• [Aim of the exercise]
Using the data below, count the lines where "section" appears, and answer with the number alone.

• [Dataset entries]
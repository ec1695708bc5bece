//! The symbols of functions and of call sites, and the relocations of these.

ghost use Rattle.std.specs.Prelude.{◌≡◌, ◌++◌, ◌<◌, ◌≤◌, ◌^◌, ◌+◌, ℕ, List, length, map, OnOk, IfOk, IsErrOf};
ghost use Rattle.std.specs.List.{position_or_len};
ghost use Rattle.dwarf_line_table.specs.Files.{with_new, first_uses};
ghost use Rattle.elf_object.specs.declared.symbols.Symbol.{Symbol};
ghost use Rattle.object_command.specs.Calls;
ghost use Rattle.object_command.specs.Object.{defined_symbol, undefined_symbol, have_one_name, symbols_of};
ghost use Rattle.object_command.specs.Object.{relocation_of, relocations_of};

use crate::calls::CallSite;
use crate::object::ObjectError;
use base_list::List;
use dwarf_line_table::names::NameTable;
use elf_object::constants::{R_RISCV_CALL_PLT, SHN_UNDEF};
use elf_object::relocations::Relocation;
use elf_object::symbols::{Binding, Symbol, SymbolType};
use listing_text::output::ListedFunction;
use std::alloc::{AllocError, Global};

/// Symbols, in the order of the symbol table. That with index k has number k + 1.
pub type Symbols = List<Symbol>;
/// Relocations, in the order of the relocated bytes.
pub type Relocations = List<Relocation>;

/// The index of `.text` in the section header table.
pub const TEXT: u16 = 1;
/// The most symbols of an object. With more its file has 2^31 bytes or more.
pub const MAX_SYMBOLS: usize = 0x800_0000;

/// The symbols of functions and of their call sites, and the relocations of the call sites. The error `TooLarge` is
/// that there are more than 2^27 symbols.
pub fn link(
    alloc: Global,
    functions: &[ListedFunction],
    sites: &[CallSite],
) -> Result<(Symbols, Relocations), ObjectError>
    requires { sites.now ≡ Calls.call_sites functions.now }
    ensures symbols { IfOk result (λ r. r.0 ≡ symbols_of functions.now) }
    ensures relocations { IfOk result (λ r. r.1 ≡ relocations_of functions.now) }
    ensures too_large { IsErrOf result ObjectError.TooLarge → 2 ^ 27 ≤ length (symbols_of functions.now) }
    ensures named { IsErrOf result ObjectError.SymbolName → ⊥ }
{
    let mut names = NameTable::new(alloc);
    let mut symbols = Symbols::new(alloc);
    push_functions(alloc, &mut names, &mut symbols, functions)?;
    let relocations = push_sites(alloc, &mut names, &mut symbols, sites)?;
    Ok((symbols, relocations))
}

/// Adds the symbols of functions, unless they have a symbol's name.
pub fn push_functions(
    alloc: Global,
    names: &mut NameTable,
    symbols: &mut Symbols,
    functions: &[ListedFunction],
) -> Result<(), ObjectError>
    requires { names.old ≡ map (λ s. s.name) symbols.old }
    ensures names { OnOk result (names.new ≡ map (λ s. s.name) symbols.new) }
    ensures symbols { OnOk result
        (symbols.new ≡ first_uses have_one_name symbols.old (map defined_symbol functions.now)) }
    ensures too_large { IsErrOf result ObjectError.TooLarge →
        2 ^ 27 ≤ length (first_uses have_one_name symbols.old (map defined_symbol functions.now)) }
    ensures named { IsErrOf result ObjectError.SymbolName → ⊥ }
{
    for function in functions {
        if symbols.len() >= MAX_SYMBOLS {
            return Err(ObjectError::TooLarge);
        }
        number(alloc, names, symbols, defined_symbol(function)?)?;
    }
    Ok(())
}

/// Adds the symbols of call sites, unless they have a symbol's name, and makes the relocations.
fn push_sites(
    alloc: Global,
    names: &mut NameTable,
    symbols: &mut Symbols,
    sites: &[CallSite],
) -> Result<Relocations, ObjectError>
    requires { names.old ≡ map (λ s. s.name) symbols.old }
    ensures symbols { OnOk result
        (symbols.new ≡ first_uses have_one_name symbols.old (map undefined_symbol sites.now)) }
    ensures relocations { IfOk result (λ rs. rs ≡ map (relocation_of symbols.new) sites.now) }
    ensures too_large { IsErrOf result ObjectError.TooLarge →
        2 ^ 27 ≤ length (first_uses have_one_name symbols.old (map undefined_symbol sites.now)) }
    ensures named { IsErrOf result ObjectError.SymbolName → ⊥ }
{
    let mut relocations = Relocations::new(alloc);
    for site in sites {
        if symbols.len() >= MAX_SYMBOLS {
            return Err(ObjectError::TooLarge);
        }
        let index = number(alloc, names, symbols, undefined_symbol(site)?)?;
        relocations.push(Relocation {
            offset: u64::from(site.address),
            symbol: index + 1,
            relocation_type: R_RISCV_CALL_PLT,
            addend: 0,
        })?;
    }
    Ok(relocations)
}

/// The index of the symbol with this one's name, from 0. If there is none, this one is added. `names` is the symbols'
/// names.
pub fn number(
    alloc: Global,
    names: &mut NameTable,
    symbols: &mut Symbols,
    symbol: Symbol,
) -> Result<u32, AllocError>
    requires names { names.old ≡ map (λ s. s.name) symbols.old }
    requires few { length symbols.old < 2 ^ 27 }
    ensures names { OnOk result (names.new ≡ map (λ s. s.name) symbols.new) }
    ensures symbols { OnOk result (symbols.new ≡ with_new have_one_name symbols.old symbol) }
    // It is its index, however many join later.
    ensures index { (more : List Symbol) →
        IfOk result (λ n. n ≡ position_or_len (have_one_name symbol) (symbols.new ++ more)) }
    ensures few { IfOk result (λ n. n ≤ 2 ^ 27) }
{
    let index = names.number(alloc, symbol.name.as_slice())?;
    if index as usize == symbols.len() {
        symbols.push(symbol)?;
    }
    Ok(index)
}

/// The symbol of a function.
fn defined_symbol(function: &ListedFunction) -> Result<Symbol, AllocError>
    ensures { IfOk result (λ symbol. symbol ≡ defined_symbol function.now) }
{
    Ok(Symbol {
        name: function.name.copy()?,
        binding: Binding::Global,
        symbol_type: SymbolType::Function,
        section: TEXT,
        value: u64::from(function.low),
        size: u64::from(function.high.saturating_sub(function.low)),
    })
}

/// The symbol of a called function that the object doesn't define.
fn undefined_symbol(site: &CallSite) -> Result<Symbol, AllocError>
    ensures { IfOk result (λ symbol. symbol ≡ undefined_symbol site.now) }
{
    Ok(Symbol {
        name: site.name.copy()?,
        binding: Binding::Global,
        symbol_type: SymbolType::NoType,
        section: SHN_UNDEF,
        value: 0,
        size: 0,
    })
}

• [Answer for this exercise]
3